The entry point format is:

1[project.entry-points."data_designer.plugins"]
2<entry-point-name> = "<module.path>:<plugin-instance-name>"

Step 6: Install and use your plugin locally

Install your plugin in editable mode — this is all you need to start using it. No PyPI publishing required:

$# From the plugin directory
$uv pip install -e .

That’s it. The editable install registers the entry point so Data Designer discovers your plugin automatically. Any changes you make to the plugin source code are picked up immediately without reinstalling.
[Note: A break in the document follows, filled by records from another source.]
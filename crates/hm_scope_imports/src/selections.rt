//! The names of an interface that an import list selects (Report, section 5.3.1).

ghost use Rattle.std.specs.Prelude.{◌≡◌, ◌↔◌, IfOk, OnOk, IsTrue, Contains};
ghost use Rattle.hm_types.specs.declared.entries.ConstructorEntry.{ConstructorEntry};
ghost use Rattle.hm_syntax.specs.Names.{Identifier};
ghost use Rattle.hm_syntax.specs.declared.ast.ImportItem.{ImportItem};
ghost use Rattle.hm_names.specs.Bindings.{Adds};
ghost use Rattle.hm_scope_imports.specs.Selections.{IsListed, Selects, IsSelectionOf};
ghost use Rattle.hm_scope_imports.specs.Gathered.{bare, type_name, IsOwned, IsBehind, IsNamedBy, IsOpenedBy};
ghost use Rattle.hm_names.specs.declared.namespace.Namespace.TheVariants.{Types, Constructors, Values};

use hm_names::Namespace;
use hm_scope_tables::{NameSet, entry_named};
use hm_syntax::{ImportItem, ImportList, Name, SubItems};
use hm_types::{ConstructorEntry, Entity, Interface};
use std::alloc::{AllocError, Global};

/// How an import list uses its names.
#[derive(Clone, Copy)]
pub(crate) enum ListUse {
    Selects,
    Hides,
}

/// Adds a constructor that is listed after a type, if it is one of that type.
fn gather_part<'a>(
    names: &mut NameSet<'a>,
    interface: &Interface,
    owner: &Entity,
    part: &'a Name,
) -> Result<(), AllocError>
    ensures { OnOk result (Adds names.old names.new (λ n. IsOwned interface.now owner.now part.now.text × (n ≡ bare Constructors part.now.text))) }
{
    let Some(constructor) = entry_named(interface.constructors(), part.as_str()) else {
        return Ok(());
    };
    if !constructor.owner.is_same(owner) {
        return Ok(());
    }
    names.insert(Namespace::Constructors, None, part.as_str())?;
    Ok(())
}

/// Adds the constructors that are listed after a type and are of that type.
fn gather_parts<'a>(
    names: &mut NameSet<'a>,
    interface: &Interface,
    owner: &Entity,
    parts: &'a [Name],
) -> Result<(), AllocError>
    ensures { OnOk result (Adds names.old names.new (λ n. (c : Identifier)
        × (Contains parts.now c × (IsOwned interface.now owner.now c.text × (n ≡ bare Constructors c.text))))) }
{
    for part in parts {
        gather_part(names, interface, owner, part)?;
    }
    Ok(())
}

/// Adds the names that an item has besides its type: the constructors of its list. After `hiding`, an item without a list has a constructor
/// with the type's name.
fn gather_behind<'a>(
    names: &mut NameSet<'a>,
    interface: &Interface,
    name: &'a Name,
    subs: &'a SubItems,
    list_use: ListUse,
) -> Result<(), AllocError>
    ensures { OnOk result (Adds names.old names.new (λ n. IsBehind list_use interface.now name.now n subs.now)) }
{
    match subs {
        SubItems::None => match list_use {
            ListUse::Selects => Ok(()),
            ListUse::Hides => {
                names.insert(Namespace::Constructors, None, name.as_str())?;
                Ok(())
            }
        },
        SubItems::All => Ok(()),
        SubItems::Some(parts) => {
            let Some(entry) = entry_named(interface.types(), name.as_str()) else {
                return Ok(());
            };
            gather_parts(names, interface, &entry.entity, parts.as_slice())?;
            Ok(())
        }
    }
}

/// Adds the names of an item. The constructors of an item `T(..)` aren't among them.
fn gather_names<'a>(
    names: &mut NameSet<'a>,
    interface: &Interface,
    item: &'a ImportItem,
    list_use: ListUse,
) -> Result<(), AllocError>
    ensures { OnOk result (Adds names.old names.new (λ n. IsNamedBy list_use interface.now n item.now)) }
{
    match item {
        ImportItem::Var(name) => {
            names.insert(Namespace::Values, None, name.as_str())?;
            Ok(())
        }
        ImportItem::Con(name, subs) => {
            names.insert(Namespace::Types, None, name.as_str())?;
            gather_behind(names, interface, name, subs, list_use)?;
            Ok(())
        }
    }
}

/// Adds the names of items, as in `gather_names`.
fn gather_all_names<'a>(
    names: &mut NameSet<'a>,
    interface: &Interface,
    items: &'a [ImportItem],
    list_use: ListUse,
) -> Result<(), AllocError>
    ensures { OnOk result (Adds names.old names.new (λ n. (j : ImportItem) × (Contains items.now j × IsNamedBy list_use interface.now n j))) }
{
    for item in items {
        gather_names(names, interface, item, list_use)?;
    }
    Ok(())
}

/// Adds the type that an item lists with all its constructors.
fn gather_opened<'a>(
    opened: &mut NameSet<'a>,
    interface: &'a Interface,
    item: &ImportItem,
) -> Result<(), AllocError>
    ensures { OnOk result (Adds opened.old opened.new (λ n. IsOpenedBy interface.now n item.now)) }
{
    match item {
        ImportItem::Var(_) => Ok(()),
        ImportItem::Con(name, subs) => match subs {
            SubItems::None => Ok(()),
            SubItems::Some(_) => Ok(()),
            SubItems::All => {
                let Some(entry) = entry_named(interface.types(), name.as_str()) else {
                    return Ok(());
                };
                let module = entry.entity.module.as_str();
                opened.insert(Namespace::Types, Some(module), entry.entity.name.as_str())?;
                Ok(())
            }
        },
    }
}

/// Adds the types that items list with all their constructors.
fn gather_all_opened<'a>(
    opened: &mut NameSet<'a>,
    interface: &'a Interface,
    items: &[ImportItem],
) -> Result<(), AllocError>
    ensures { OnOk result (Adds opened.old opened.new (λ n. (j : ImportItem) × (Contains items.now j × IsOpenedBy interface.now n j))) }
{
    for item in items {
        gather_opened(opened, interface, item)?;
    }
    Ok(())
}

/// Adds a constructor, if its type is listed with all its constructors.
fn gather_constructor<'a>(
    names: &mut NameSet<'a>,
    opened: &NameSet<'_>,
    constructor: &'a ConstructorEntry,
) -> Result<(), AllocError>
    ensures { OnOk result (Adds names.old names.new (λ n. Contains opened.now (type_name constructor.now.owner)
        × (n ≡ bare Constructors constructor.now.name))) }
{
    let module = constructor.owner.module.as_str();
    if !opened.contains(
        Namespace::Types,
        Some(module),
        constructor.owner.name.as_str(),
    ) {
        return Ok(());
    }
    names.insert(Namespace::Constructors, None, constructor.name.as_str())?;
    Ok(())
}

/// Adds the constructors of the types that are listed with all their constructors.
fn gather_constructors<'a>(
    names: &mut NameSet<'a>,
    opened: &NameSet<'_>,
    constructors: &'a [ConstructorEntry],
) -> Result<(), AllocError>
    ensures { OnOk result (Adds names.old names.new (λ n. (k : ConstructorEntry)
        × (Contains constructors.now k × (Contains opened.now (type_name k.owner) × (n ≡ bare Constructors k.name))))) }
{
    for constructor in constructors {
        gather_constructor(names, opened, constructor)?;
    }
    Ok(())
}

/// Returns the names that the items of a list select, or hide.
fn listed<'a>(
    alloc: Global,
    interface: &'a Interface,
    items: &'a [ImportItem],
    list_use: ListUse,
) -> Result<NameSet<'a>, AllocError>
    ensures { IfOk result (λ names. IsListed list_use interface.now items.now names) }
{
    let mut names = NameSet::new(alloc);
    gather_all_names(&mut names, interface, items, list_use)?;
    let mut opened = NameSet::new(alloc);
    gather_all_opened(&mut opened, interface, items)?;
    if opened.keys().is_empty() {
        return Ok(names);
    }
    gather_constructors(&mut names, &opened, interface.constructors())?;
    Ok(names)
}

/// The names of an interface that an import list selects.
#[derive(Drop)]
pub(crate) enum Selection<'a> {
    Every,
    Only(NameSet<'a>),
    /// All names except these.
    Hiding(NameSet<'a>),
}

impl<'a> Selection<'a> {
    /// Returns the names that an import list selects from the interface of its module.
    pub(crate) fn new(
        alloc: Global,
        interface: &'a Interface,
        list: &'a ImportList,
    ) -> Result<Selection<'a>, AllocError>
        ensures { IfOk result (IsSelectionOf interface.now list.now) }
    {
        match list {
            ImportList::Every => Ok(Selection::Every),
            ImportList::Only(items) => Ok(Selection::Only(listed(
                alloc,
                interface,
                items.as_slice(),
                ListUse::Selects,
            )?)),
            ImportList::Hiding(items) => Ok(Selection::Hiding(listed(
                alloc,
                interface,
                items.as_slice(),
                ListUse::Hides,
            )?)),
        }
    }

    /// Returns whether the name is selected.
    pub(crate) fn selects(&self, space: Namespace, text: &str) -> bool
        ensures { IsTrue result ↔ Selects self.now space text.now }
    {
        match self {
            Selection::Every => true,
            Selection::Only(names) => names.contains(space, None, text),
            Selection::Hiding(names) => !names.contains(space, None, text),
        }
    }
}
Once installed, your plugin works just like built-in column types:

1import data_designer.config as dd
2from data_designer.interface import DataDesigner
3
4from data_designer_index_multiplier.config import IndexMultiplierColumnConfig
5
6data_designer = DataDesigner()
7builder = dd.DataDesignerConfigBuilder()
8
9# Add a regular column
10builder.add_column(
11 dd.SamplerColumnConfig(
12 name="category",
13 sampler_type="category",
14 params=dd.CategorySamplerParams(values=["A", "B", "C"]),
15 )
16)
17
18# Add your custom plugin column
19builder.add_column(
20 IndexMultiplierColumnConfig(
21 name="scaled_index",
22 multiplier=5,
23 )
24)
25
26# Generate data
27results = data_designer.create(builder, num_records=10)
28print(results.load_dataset())

Output:

category scaled_index
0 B 0
1 A 5
2 C 10
3 A 15
4 B 20
...

Validating Your Plugin

Data Designer provides a testing utility to validate that your plugin is structured correctly. Use assert_valid_plugin to check that your config and implementation classes are properly defined:

1from data_designer.engine.testing.utils import assert_valid_plugin
2from data_designer_index_multiplier.plugin import plugin
3
4# Raises AssertionError with a descriptive message if anything is wrong with the general plugin structure
5assert_valid_plugin(plugin)

This validates that:

  • The config class is a subclass of ConfigBase
  • For column generator plugins: the implementation class is a subclass of ConfigurableTask
  • For seed reader plugins: the implementation class is a subclass of SeedReader

Multiple Plugins in One Package

A single Python package can register multiple plugins. Simply define multiple Plugin instances and register each one as a separate entry point:

1[project.entry-points."data_designer.plugins"]
2my-column-generator = "my_package.plugins.column_generator.plugin:column_generator_plugin"
3my-seed-reader = "my_package.plugins.seed_reader.plugin:seed_reader_plugin"

For an example of this pattern, see the end-to-end test plugins in the tests_e2e/ directory.

That’s it! You now know how to create a Data Designer plugin. A local editable install (uv pip install -e .) is all you need to develop, test, and use your plugin. If you want to make it available for others to install via pip install, publish it to PyPI or your organization’s package index.